Complete curves in the moduli space of polarized K3 surfaces and hyper-K\"ahler manifolds

TL;DR

This paper proves the existence of complete curves in the moduli spaces of polarized K3 surfaces and hyper-K"ahler manifolds for a wide range of degrees and types, extending previous results and constructing new examples.

Contribution

It establishes the presence of complete curves in moduli spaces for all degrees above a certain threshold and for various hyper-K"ahler types, broadening the understanding of their geometric structure.

Findings

Complete curves exist in moduli spaces of polarized K3 surfaces for all degrees ≥62.

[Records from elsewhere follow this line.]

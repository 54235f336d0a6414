use crate::calls::{AMPLE, Answer, Devices, must_answer};
use std::test::Fail;

const WORDS: &[&[u8]] = &[b"compile", b"p", b"t", b"l"];

// Where g and h are different numbers no place holds both, so nothing is left to test.
const CONSTANT_EGRESS: &[u8] =
    b"field f; field g; field h; array s; if g = 1 & h = 2 & s[f] = g & s[f] = h then outport <- 1 else outport <- 2";

const ONE_SWITCH: &[u8] = b"switches = [\"a\"]\nlinks = []\n[ports]\n1 = \"a\"\n2 = \"a\"\n";

const TABLES: &[u8] = b"snap-tables 2
field inport
field outport
field f
field g
field h
switch a
array s 0 0
port 1 0
port 2 0
row 0 0 leaf out c1=#2
end
";

const FILES: &[(&[u8], &[u8])] = &[
    (b"p", CONSTANT_EGRESS),
    (b"t", ONE_SWITCH),
    (b"l", b"s = \"a\"\n"),
];

#[test]
fn constant_egress_is_one_leaf(rt: HostRuntime) -> Result<(), Fail> {
    let whole = Answer {
        status: 0,
        out: TABLES,
        err: b"",
    };
    must_answer(&rt, rt.alloc(), WORDS, FILES, AMPLE, whole)
}

#[test]
fn compile_stops_where_a_device_fails(rt: HostRuntime) -> Result<(), Fail> {
    let devices = Devices {
        write_most: 1,
        write_fails: &[10],
        ..AMPLE
    };
    let cut = Answer {
        status: 3,
        out: b"snap-table",
        err: b"snapc: cannot write\n",
    };
    must_answer(&rt, rt.alloc(), WORDS, FILES, devices, cut)
}
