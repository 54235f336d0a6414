use crate::calls::{AMPLE, Answer, Devices, must_answer, must_answer_however_cut};
use std::test::Fail;

const WORDS: &[&[u8]] = &[b"obs", b"p", b"q"];

// What is written before a line that isn't in form, and before a packet on which the program is undefined, stays.
const CUT: &[(&[u8], &[u8], Answer<'static>)] = &[
    (
        b"if inport = 1 then outport <- 2 else if inport = 2 then outport <- 1 else drop",
        b"1\nx\n",
        Answer {
            status: 12,
            out: b"packet 1\nout inport=1 outport=2\n",
            err: b"snapc: packets: line 2\n",
        },
    ),
    (
        b"array s; (id + outport <- 2); s[inport]++",
        b"1 outport=2\n1 outport=3\n",
        Answer {
            status: 15,
            out: b"packet 1\nout inport=1 outport=2\n",
            err: b"snapc: undefined: packet 2\n",
        },
    ),
];

#[test]
fn obs_writes_what_comes_before_a_fault(rt: HostRuntime) -> Result<(), Fail> {
    for (program, packets, answer) in CUT {
        let files: &[(&[u8], &[u8])] = &[(b"p", *program), (b"q", *packets)];
        must_answer(&rt, rt.alloc(), WORDS, files, AMPLE, *answer)?;
    }
    Ok(())
}

#[test]
fn obs_ends_where_a_device_fails(rt: HostRuntime) -> Result<(), Fail> {
    // The program takes seven reads of two bytes, and each line one.
    let second_line = Devices {
        read_most: 2,
        read_fails: &[8],
        ..AMPLE
    };
    let program = Devices {
        read_fails: &[0],
        ..AMPLE
    };
    let tenth_byte = Devices {
        write_most: 1,
        write_fails: &[10],
        ..AMPLE
    };
    let untold = Devices {
        err_room: 0,
        ..second_line
    };
    let unwritten = Devices {
        err_room: 0,
        ..tenth_byte
    };
    let block: &[u8] = b"packet 1\nout inport=1 outport=2\n";
    let cases: [(Devices, u8, &[u8], &[u8]); 5] = [
        (second_line, 2, block, b"snapc: cannot read q\n"),
        (program, 2, b"", b"snapc: cannot read p\n"),
        (tenth_byte, 3, b"packet 1\no", b"snapc: cannot write\n"),
        (untold, 2, block, b""),
        (unwritten, 3, b"packet 1\no", b""),
    ];
    let files: &[(&[u8], &[u8])] = &[(b"p", b"outport <- 2"), (b"q", b"1\n2\n")];
    for (devices, status, out, err) in cases {
        let answer = Answer { status, out, err };
        must_answer(&rt, rt.alloc(), WORDS, files, devices, answer)?;
    }
    Ok(())
}

// Detects tunnels over DNS (`examples/dns-tunnel`).
fn dns_tunnel() -> &'static [u8] {
    b"# Detects tunnels over DNS: clients that look up many addresses and use few of them (after the SNAP paper's example).
field srcip/24; field dstip/24; field srcport; field dns.rdata/24;
array orphan; array susp-client; array blacklist;
const threshold = 3;
let dns-tunnel {
  if dstip = 10.0.6.0/24 & srcport = 53 then
    orphan[dstip][dns.rdata] <- True;
    susp-client[dstip]++;
    if susp-client[dstip] = threshold then blacklist[dstip] <- True else id
  else if srcip = 10.0.6.0/24 & orphan[srcip][dstip] then
    orphan[srcip][dstip] <- False;
    susp-client[srcip]--
  else id
}
let assign-egress {
  if dstip = 10.0.1.0/24 then outport <- 1
  else if dstip = 10.0.2.0/24 then outport <- 2
  else if dstip = 10.0.3.0/24 then outport <- 3
  else if dstip = 10.0.4.0/24 then outport <- 4
  else if dstip = 10.0.5.0/24 then outport <- 5
  else if dstip = 10.0.6.0/24 then outport <- 6
  else drop
}
dns-tunnel; assign-egress
"
}

// What clients and servers send while one of them is taken for a tunnel.
fn dns_packets() -> &'static [u8] {
    b"1 srcip=10.0.1.1 dstip=10.0.6.10 srcport=53 dns.rdata=10.0.2.20
6 srcip=10.0.6.10 dstip=10.0.2.20 srcport=4000
1 srcip=10.0.1.1 dstip=10.0.6.10 srcport=53 dns.rdata=10.0.3.30
1 srcip=10.0.1.1 dstip=10.0.6.10 srcport=53 dns.rdata=10.0.3.31
1 srcip=10.0.1.1 dstip=10.0.6.10 srcport=53 dns.rdata=10.0.3.32
1 srcip=10.0.1.1 dstip=10.0.6.10 srcport=53 dns.rdata=10.0.3.33
6 srcip=10.0.6.10 dstip=10.0.3.30 srcport=4000
6 srcip=10.0.6.10 dstip=10.0.4.4 srcport=4000
2 srcip=10.0.2.20 dstip=10.0.5.5 srcport=80
3 srcip=10.0.3.3 dstip=10.0.9.9
"
}

fn dns_report() -> &'static [u8] {
    b"packet 1
out inport=1 outport=6 srcip=10.0.1.1 dstip=10.0.6.10 srcport=53 dns.rdata=10.0.2.20
packet 2
out inport=6 outport=2 srcip=10.0.6.10 dstip=10.0.2.20 srcport=4000 dns.rdata=0.0.0.0
packet 3
out inport=1 outport=6 srcip=10.0.1.1 dstip=10.0.6.10 srcport=53 dns.rdata=10.0.3.30
packet 4
out inport=1 outport=6 srcip=10.0.1.1 dstip=10.0.6.10 srcport=53 dns.rdata=10.0.3.31
packet 5
out inport=1 outport=6 srcip=10.0.1.1 dstip=10.0.6.10 srcport=53 dns.rdata=10.0.3.32
packet 6
out inport=1 outport=6 srcip=10.0.1.1 dstip=10.0.6.10 srcport=53 dns.rdata=10.0.3.33
packet 7
out inport=6 outport=3 srcip=10.0.6.10 dstip=10.0.3.30 srcport=4000 dns.rdata=0.0.0.0
packet 8
out inport=6 outport=4 srcip=10.0.6.10 dstip=10.0.4.4 srcport=4000 dns.rdata=0.0.0.0
packet 9
out inport=2 outport=5 srcip=10.0.2.20 dstip=10.0.5.5 srcport=80 dns.rdata=0.0.0.0
packet 10
array orphan 655366 10 655363 31 = 1
array orphan 655366 10 655363 32 = 1
array orphan 655366 10 655363 33 = 1
array susp-client 655366 10 = 3
array blacklist 655366 10 = 1
end
"
}

#[test]
fn obs_writes_one_report_however_reads_are_cut(rt: HostRuntime) -> Result<(), Fail> {
    let files: &[(&[u8], &[u8])] = &[(b"p", dns_tunnel()), (b"q", dns_packets())];
    let whole = Answer {
        status: 0,
        out: dns_report(),
        err: b"",
    };
    must_answer_however_cut(&rt, rt.alloc(), WORDS, files, whole)
}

Constructs complete curves in moduli spaces of hyper-K"ahler manifolds of various types.

Extends previous results to a wider range of degrees and manifold types.

Abstract

Building on an idea of Borcherds, Katzarkov, Pantev, and Shepherd-Barron (who treated the case $e=14$), we prove that the moduli space of polarized K3 surfaces of degree $2e$ contains complete curves for all $e\geq 62$ and for some sporadic lower values of $e$ (starting at $14$). We also construct complete curves in the moduli spaces of polarized hyper-K\"ahler manifolds of $\mathrm{K3}^{[n]}$-type or $\mathrm{Kum}_n$-type for all $n\ge 1$ and polarizations of various degrees and divisibilities.